- WHAT IS EXPECTED -
Produce exactly the lines starting at the one containing "draw_list(list, &mut sheet, Target::Exit)?;" and ending at the last line of the material, with nothing added.

- PROVIDED INFORMATION -
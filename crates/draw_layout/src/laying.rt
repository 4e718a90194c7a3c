//! Statements, one after the other.

use crate::coils::Coils;
use crate::fitting::{Feed, feed_of, fit, row_feed_of};
use crate::forms::{Form, ends_in_jumps, form_of, is_end};
use crate::names::{Comment, Names};
use crate::picture::kind_in;
use crate::placing::Helpers;
use crate::rungs::{Second, Target, block_rung, second_pin};
use crate::shared::Shared;
use crate::sheet::{Layout, Sheet, stored_feed};
use crate::size::{LARGEST, Size};
use diagram_program::CoilMode;
use diagram_program::geometry::{COLUMNS, ROWS};
use st_expression::Expression;
use st_statements::{StatementList, constant_of};
use std::alloc::{AllocError, Global};

/// The largest network of the second input of a block: the first one has the row above it.
const BELOW: Size = Size {
    width: COLUMNS - 1,
    height: ROWS - 1,
};

/// Draws the assignments that wait for others, if there are any.
fn draw_shared(sheet: &mut Sheet<'_, '_>) -> Result<(), AllocError> {
    let shared = sheet.shared;
    sheet.shared = Shared::new();
    let Some(value) = shared.value else {
        return Ok(());
    };
    let mut parts = Vec::new(sheet.alloc);
    fit(value, true, LARGEST, &mut parts)?;
    sheet.add_coils(&parts, stored_feed(value), shared.coils)
}

/// Draws coils that see the power of an expression.
fn draw_coils<'a>(
    sheet: &mut Sheet<'a, '_>,
    expression: &'a Expression,
    coils: Coils,
) -> Result<(), AllocError> {
    let mut parts = Vec::new(sheet.alloc);
    let feed = feed_of(expression, true, LARGEST, &mut parts)?;
    sheet.add_coils(&parts, feed, coils)
}

/// Draws a jump that is taken where an expression is `on`.
fn draw_jump<'a>(
    sheet: &mut Sheet<'a, '_>,
    expression: &'a Expression,
    on: bool,
    target: Target,
) -> Result<(), AllocError> {
    let mut parts = Vec::new(sheet.alloc);
    let feed = feed_of(expression, on, LARGEST, &mut parts)?;
    sheet.add_jump(&parts, feed, target)
}

/// What leads to the second input of a block: nothing where it is never on.
fn second_feed_of<'a>(
    expression: &'a Expression,
    parts: &mut Vec<&'a Expression>,
) -> Result<Option<Feed<'a>>, AllocError> {
    if constant_of(expression) == Some(false) {
        return Ok(None);
    }
    Ok(Some(feed_of(expression, true, BELOW, parts)?))
}

/// Draws a block.
fn draw_call<'a>(
    sheet: &mut Sheet<'a, '_>,
    instance: usize,
    first: &'a Expression,
    second: &'a Expression,
) -> Result<(), AllocError> {
    let mut parts = Vec::new(sheet.alloc);
    let kind = kind_in(sheet.names, instance);
    let (upper, lower) = match second_pin(kind) {
        Some(pin) => {
            let upper = row_feed_of(first, &mut parts)?;
            let feed = second_feed_of(second, &mut parts)?;
            (upper, Some(Second { pin, feed }))
        }
        None => (feed_of(first, true, LARGEST, &mut parts)?, None),
    };
    let number = sheet.add_helpers(&parts)?;
    let helpers = Helpers {
        parts: &parts,
        first: number,
    };
    sheet.add_rung(&block_rung(instance, upper, lower, helpers), None)
}

/// Takes an assignment, which waits for others to share its rung.
fn take_assignment<'a>(
    sheet: &mut Sheet<'a, '_>,
    variable: usize,
    value: &'a Expression,
) -> Result<(), AllocError> {
    if !sheet.shared.takes(value) {
        draw_shared(sheet)?;
    }
    sheet.begin(1);
    sheet.shared = sheet.shared.with(variable, value);
    Ok(())
}

/// Draws the first statement, which is no assignment and no `IF`.
fn draw_first<'a>(sheet: &mut Sheet<'a, '_>, list: &'a StatementList) -> Result<(), AllocError> {
    draw_shared(sheet)?;
    sheet.begin(1);
    match list {
        StatementList::Trigger { output, clock, .. } => {
            draw_coils(sheet, clock, Coils::one(CoilMode::Rising, *output))
        }
        StatementList::Call {
            instance,
            first,
            second,
            ..
        } => draw_call(sheet, *instance, first, second),
        StatementList::Return { .. } => sheet.add_jump(&[], Feed::Rail, Target::Exit),
        StatementList::End | StatementList::Assign { .. } | StatementList::Select { .. } => Ok(()),
    }
}

/// The arms of an `IF` that is drawn with jumps.
#[derive(Clone, Copy)]
struct Arms<'a> {
    accepted: &'a StatementList,
    otherwise: &'a StatementList,
    /// Where the statements behind the `IF` begin, if that has a target already.
    behind: Option<Target>,
}

/// Where the arms of an `IF` lead.
#[derive(Clone, Copy)]
struct Targets {
    /// Where the condition leads that isn't met.
    skip: Target,
    /// Where the first arm ends.
    inner: Target,
}

/// Draws the condition of an `IF`, with its arms where they are coils or a RETURN; otherwise tells where they lead.
fn draw_condition<'a>(
    sheet: &mut Sheet<'a, '_>,
    condition: &'a Expression,
    arms: Arms<'_>,
) -> Result<Option<Targets>, AllocError> {
    draw_shared(sheet)?;
    sheet.begin(1);
    match form_of(arms.accepted, arms.otherwise) {
        Form::Latches(coils) => {
            sheet.begin(coils.count());
            draw_coils(sheet, condition, coils)?;
            Ok(None)
        }
        Form::Exit => {
            sheet.begin(1);
            draw_jump(sheet, condition, true, Target::Exit)?;
            Ok(None)
        }
        Form::Jumps => {
            let targets = targets_of(sheet, arms);
            draw_jump(sheet, condition, false, targets.skip)?;
            Ok(Some(targets))
        }
    }
}

/// Where the arms of an `IF` lead: without a second arm both the condition and the first arm lead behind it.
fn targets_of(sheet: &mut Sheet<'_, '_>, arms: Arms<'_>) -> Targets {
    if is_end(arms.otherwise) {
        let behind = match arms.behind {
            Some(target) => target,
            None => sheet.new_label(),
        };
        return Targets {
            skip: behind,
            inner: behind,
        };
    }
    let skip = sheet.new_label();
    let inner = if ends_in_jumps(arms.accepted) {
        sheet.new_label()
    } else {
        Target::Exit
    };
    Targets { skip, inner }
}

/// Draws the jump over the second arm of an `IF`, where there is one, and gives where both arms end.
fn draw_else(
    sheet: &mut Sheet<'_, '_>,
    arms: Arms<'_>,
    targets: Targets,
) -> Result<Target, AllocError> {
    if is_end(arms.otherwise) {
        return Ok(targets.skip);
    }
    let behind = match arms.behind {
        Some(target) => target,
        None => sheet.new_label(),
    };
    sheet.place(targets.inner);
    sheet.add_jump(&[], Feed::Rail, behind)?;
    sheet.place(targets.skip);
    Ok(behind)
}

/// Draws statements, which end at the target.
fn draw_list<'a>(
    list: &'a StatementList,
    sheet: &mut Sheet<'a, '_>,
    end: Target,
) -> Result<(), AllocError> {
    match list {
        StatementList::End => draw_shared(sheet),
        StatementList::Assign {
            variable,
            value,
            next,
        } => {
            take_assignment(sheet, *variable, value)?;
            draw_list(next, sheet, end)
        }
        StatementList::Trigger { next, .. }
        | StatementList::Call { next, .. }
        | StatementList::Return { next } => {
            draw_first(sheet, list)?;
            draw_list(next, sheet, end)
        }
        StatementList::Select {
            condition,
            accepted,
            otherwise,
            next,
        } => {
            let arms = Arms {
                accepted,
                otherwise,
                behind: if is_end(next) { Some(end) } else { None },
            };
            if let Some(targets) = draw_condition(sheet, condition, arms)? {
                draw_list(accepted, sheet, targets.inner)?;
                let behind = draw_else(sheet, arms, targets)?;
                draw_list(otherwise, sheet, behind)?;
                if !is_end(next) {
                    sheet.place(behind);
                }
            }
            draw_list(next, sheet, end)
        }
    }
}

/// Lays out statements as rungs that do the same, with what helpers they need: AND in series, OR one below the other. Comments go by the order of
/// their statements.
///
/// # Errors
///
/// `AllocError` when out of memory.
pub fn lay_out<'a>(
    alloc: Global,
    list: &'a StatementList,
    names: &Names<'_>,
    comments: &[Comment<'_>],
) -> Result<Layout<'a>, AllocError> {
    let mut sheet = Sheet::new(alloc, names, comments);
    draw_list(list, &mut sheet, Target::Exit)?;
    sheet.add_last_comments();
    sheet.end()
}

- ANSWER AREA -
    draw_list(list, &mut sheet, Target::Exit)?;
    sheet.add_last_comments();
    sheet.end()
}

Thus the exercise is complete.